The second message was from Alex.
Bobbie Draper and he were on the prime minister’s ship and burning for Luna with the escort fleet watching their backs. Everyone was pretty freaked-out, but he thought they were okay for the time being. The relief ships were on their way and due in a day or two. He hadn’t had any word from Naomi, wherever she was. Or, more to the point, from Amos. He made a joke about Amos surviving anything, and how this wasn’t the first planet that had blown up on him, but the humor carried the same dread and fear that Holden felt. When Alex signed off, he replayed the whole message from the start three more times, just to hear the familiar voice.
He started to record a response, but the restaurant was too open and too public for the things he wanted to say, so he promised himself he’d get to it when he was back in his quarters. He finished as much of the curry as he could stomach and the restaurant light slowly shifted from yellow to gold, the colors of a false sunset on a planet many of the people there had never seen except on screens. He paid the check and the waiter came, offering a variety of after-dinner desserts or drinks. The man’s gaze lingered long enough that, while it was all within the bounds of politeness, it was pretty clear that Holden could have asked for some other things too.
Holden’s mind shifted on most of the questions. More food, more drink, more sleep, more sex. Any sex. He was aware of a deep and oceanic cavern of want in his belly. Something that was like hunger or thirst, exhaustion or lust, but that wouldn’t be satisfied. He didn’t have words for it, except that it left him quick to anger and despair. Lingering behind it all, the fear that he wouldn’t ever have his crew back on his ship made him feel gut-punched.
And then the word for it came. He was homesick, and the Rocinante, wonderful as she was, wasn’t home unless Alex and Amos and Naomi were in her. He wondered how long the feeling would last if they never came back. How long he’d wait for them, even once he knew they wouldn’t return. The waiter smiled gently down at him.
“Nothing,” Holden said. “Thanks.”
He walked out to the main corridor, mentally rehearsing what he’d say to Alex and how he’d say it. Anything he said was going to be examined by the Martian communications service, so he didn’t want to put anything in it that was open to misinterpretation. The problem with that being that he always knew what he meant by things, and didn’t see the other readings until someone made them. Maybe he could just make a few jokes and say that he was ready to have everyone back together.

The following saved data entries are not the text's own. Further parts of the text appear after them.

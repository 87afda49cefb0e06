//! The rule type of a term of the Extended Calculus of Constructions (Luo 1994), which is read off
//! the term's form and checks nothing.
#![tactic(auto)]

mod call;
mod head;
mod made;
mod nodes;
mod rule;
mod scope;

pub use call::rule_type;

When his hand terminal buzzed a connection request, he accepted it, his mind primed to expect Alex even though light delay made that impossible. Drummer scowled out at him from the screen. “Mister Holden, I was wondering if you could stop by the auxiliary security office.”
“I guess,” Holden said, suddenly wary. He still half expected Drummer to turn out to be playing some angle of her own. “Is it something I should know about now?”
A stream of cursing came from the background, growing louder. Drummer stepped aside and Fred lurched into the screen. “If we were talking about it on the network, you wouldn’t be coming in here.”
“Right,” Holden said. “On my way.”
In the security office, Fred was pacing, his hands clasped behind his back, when Holden arrived. He nodded sharply by way of greeting. Drummer, at her seat, was a model of the crisp professionalism designed to offer no reason for the boss to yell at you. That was fine. Holden didn’t mind being the one who got yelled at.
“What’s the matter?”
“Medina went dark,” Fred said. “She was supposed to report in this morning, but with everything being at loose ends, I didn’t worry. She’s missed two opportunities since then. And… Drummer? Show him.”
The security chief pulled up a schematic of the solar system. At scale, even Jupiter and the sun were hardly more than a bright pixel. Thousands of dots showed the traffic in-system. Ships and bases, satellites and probes and navigation buoys. All of humanity in a nutshell. With a motion and a syllable, most of the clutter vanished. In its place, a couple dozen green dots with the word UNDETERMINED where the identification codes should be made a rough cloud. Someone’s statistics run with a small but significant correlation.
“As soon as the station went dark,” Drummer said, “we saw these. Twenty-five new plumes. All of them have drive signatures that match Martian military ships, and all of them are under heavy burn for the Ring.”
“Heavy burn?”
“Eight to ten g to start, curving down, which means they’re running at the limit of their drives.”